As my UNSW colleague and one of the study's authors, Professor Bill Sherwin, told me at the time, "'bisexual philopatry' ... when translated out of jargon means "males stay near where they were born, AND females stay near where they were born" -- nothing more or less than that.

But the word 'bisexual' was too good to pass up. It reminded journalists of all the unconventional sexual shennaniganizing for which male dolphins have long earned infamy. Male dolphins have been known for over half a century to copulate with one another, as well as to self-stimulate against all manner of objects.

Richard Connor and other colleagues showed, almost 20 years ago that male dolphins work in alliances to cut a female off from the pod and coerce her into mating. It's a behaviour that forever associated male dolphins with the human idea of 'gang rape.'

Some news outlets focused mainly on this disturbing aspect of dolphin behaviour. Britain's Daily Telegraph, for example, led with the punchy headline "Dolphins 'resort to rape.'"

Others ran headlines inspired by the presence of the word "bisexuality":
Here at
Huffington Post
,
on the story focused mainly on dolphin homosexuality and bisexuality, followed by a penguin-heavy slide show of other "gay" animals. Browsing the comments from this and other reports at the time I was struck by the extent to which some readers extrapolated from dolphins to humans. 'If it's natural enough for dolphins,' went one of the more pro-diversity trains of thought, 'then it ought to be good enough for human beings.'

This kind of extrapolation has become rather common of late, including among scientists. The influential ecologist Joan Roughgarden wrote an entire book, Evolution's Rainbow, drawing attention to the diversity of sex roles and gender relations in the animal kingdom.
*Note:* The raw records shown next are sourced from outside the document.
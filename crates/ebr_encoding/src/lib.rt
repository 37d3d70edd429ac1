//! The journal's records as bytes, both ways.
//!
//! `encode` writes a record's payload, whose bytes `ebr_record` defines, and says that the record is spelled so: its bytes are
//! read as this record and no other one. `decode` reads what bytes spell. `Bad` comes exactly where they spell no record of the
//! form: the short form that a journal begins in, or the long one that it goes on in.
#![tactic(auto)]

mod fault;
mod form;
mod payloads;
mod readable;
mod reader;
mod records;
mod writable;
mod writer;

pub use fault::DecodeErr;
pub use form::{Form, has_form};
pub use payloads::encode;
pub use records::decode;
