//! Slot code: what a machine runs, the compiled units that hold it, and the trait of the books that hold these.
//!
//! What is used above: `RunCode` of `specs/Runs.antt`, which says what code does in the words in which `ebr_run` says what trees
//! do, `Codes` of `specs/Units.antt`, which says what code a tree has, and the contract of `CodeBook`, the trait of books. Code
//! is structured: the branches of IF, the bodies of loops, guarded statements and right operands are lists of instructions inside
//! an instruction, so that no instruction jumps.
//!
//! These are types and definitions; there is no code here to be tested.
#![tactic(auto)]

mod book;
mod instruction;

pub use book::{CodeBook, Initial, Parameter, Subprogram, Unit};
pub use ebr_asks::{Answer, Ask, Entry, Exchange};
pub use ebr_run::{Bind, Callee, Exception, Fault, Location, Reference, VariableType};
pub use instruction::{Caught, Code, Handler, Instruction, Lookup, Operation};
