//! Instructions.

use ebr_ast::{Attribute, Op, RowImage, SqlTree, Transaction};
use ebr_base::{List, Name, Shared, Value};
use ebr_run::{Callee, Fault, Location, Reference, VariableType};
use ebr_sqlcheck::ValueType;
use ebr_value::{BinOp, Builtin};

pub type Code = Shared<List<Instruction>>;

/// What is done with the answer to a statement.
#[derive(Drop)]
pub enum Lookup {
    /// The one row goes on the operands, its first value topmost; its values are of these types, as far as they are known.
    Row(List<Option<ValueType>>),
    /// The rows go into a cursor.
    Open(Location),
    /// The count is kept for `SQL%ROWCOUNT`.
    Count,
}

/// What a handler catches.
#[derive(Drop)]
pub enum Caught {
    Others,
    These(List<Fault>),
}

/// What an instruction does that holds no code. It takes its operands from the top, and leaves its value there.
#[derive(Drop)]
pub enum Operation {
    /// A statement begins: a step, and no operands.
    Step,
    Push(Value),
    /// The topmost operand once more.
    Copy,
    /// The operand beneath the topmost one once more.
    Over,
    /// Takes the operand beneath the topmost one away.
    Nip,
    /// Takes the topmost operand away.
    Drop,
    Load(Location),
    /// Assigns the topmost operand to a variable of this type, or to one without a type.
    Assign(Location, Option<VariableType>),
    /// The column of `:NEW` or of `:OLD` at a place.
    LoadColumn(RowImage, usize),
    /// Assigns the topmost operand to the column of `:NEW` at a place.
    AssignNew(usize, VariableType),
    /// INSERTING, UPDATING or DELETING.
    Firing(Op),
    /// SQLCODE of the fault that the handler at a place handles.
    SqlCode(usize),
    /// `SQL%FOUND` and the like.
    Affected(Attribute),
    /// An attribute of a cursor.
    Attribute(Location, Attribute),
    /// An operator of the two topmost operands.
    Binary(BinOp),
    /// A function of so many operands.
    Function(Builtin, usize),
    /// `+a`.
    Unsigned,
    /// Refers to a package, which makes its state at the first reference.
    Refer(Reference, Name),
    Call(Callee),
    /// Leaves a subprogram.
    Return,
    /// Leaves a function with the topmost operand, which is assigned to a result of this type.
    Give(Option<VariableType>),
    Raise(Fault),
    /// Raises what the handler at a place handles.
    Reraise(usize),
    /// Leaves the loop.
    Exit,
    /// Begins the loop's next turn.
    Continue,
    /// PUT_LINE of the topmost operand.
    PutLine,
    /// Asks a statement with so many operands as its binds.
    Sql {
        stmt: Shared<SqlTree>,
        binds: usize,
        lookup: Shared<Lookup>,
    },
    Transact(Transaction),
    /// Keeps a count for `SQL%ROWCOUNT`.
    Affect(usize),
    /// Raises ORA-06511 where a cursor is open.
    Open(Location),
    /// Closes a cursor, open or not.
    Reset(Location),
    /// Pushes the next row's values, the first topmost, and above them TRUE; without a row FALSE alone. The values are of
    /// these types, as far as they are known.
    Fetch(Location, List<Option<ValueType>>),
    Close(Location),
    /// Ends the run: what has no meaning.
    Broken,
}

/// An instruction.
#[cycle(instruction)]
#[derive(Drop)]
pub enum Instruction {
    Do(Operation),
    /// Goes on behind the left operand of an operator, which is topmost, unless it decides alone.
    Decide(BinOp, Code),
    /// Runs the first code where the topmost operand is TRUE, and else the second.
    If(Code, Code),
    /// Each turn runs the head, takes a step and runs the body.
    Loop(Code, Code),
    /// Runs for each number from the lower operand to the topmost one, from the last one down where reversed, with the
    /// number in the variable at a place.
    Numbers(usize, bool, Code),
    /// Runs the code; the first of the handlers that catches what it raised handles it, with what was raised kept at a place.
    Guard(Code, usize, Shared<List<Handler>>),
    /// Closes a cursor when the code has ended.
    Closing(Location, Code),
}

/// A handler.
#[cycle(instruction)]
#[derive(Drop)]
pub struct Handler {
    pub caught: Caught,
    pub body: Code,
}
Roughgarden's perspective was, I can only imagine, shaped by her own transgendered experience. She, and many people in the LGBT community have had to put up with lifetimes of half-baked arguments about their own gender identity or sexuality being 'unnatural.'

But pointing to the diversity of behaviors in the animal world can only take a cause so far.
Certainly there are many animals, including our bonobo cousins, in which homosexual and bisexual intercourse runs perfectly natural riot. And these examples certainly demolish the simplistic claim that homosexuality and bisexuality are completely unnatural.

But one thing evolutionary biologists learn time and again is not to extrapolate narrowly from the way things are to the way they ought to be. The case for tolerance of diversity in sexuality, gender and other aspects of our lives should not depend on whether animals do similar things.

For example, it might be just as easy for homophobes to make an adaptive argument that their homophobia is every bit as natural as the homosexuality they so despise in others (and possibly in themselves).

The other side of the dolphin story illustrates my point. Dolphin bulls behave like gang rapists, harassing solitary females until, exhausted, the female copulates with one or all of the males.

Perhaps the similarities with the most repellent coalitional behavior among men are merely superficial. Perhaps they run deeper than that. That makes a fascinating question to be researched. Sensitively. But no matter what the findings, what dolphin males do in Shark Bay doesn't make that kind of behavior any more acceptable in men.

We can come to understand ourselves and our human motives by observing animals and by studying the evolution of our own species. But the fact that something happens in nature doesn't make it right.

Knowing that some dolphins, penguins and flamingos copulate with members of the same-sex can be a useful fact to turn back on those who decry homosexuality as a crime against nature.

But we also owe one another the dignity of recognizing same-sex human love, lust, jealousy and other emotions on their own, uniquely human terms.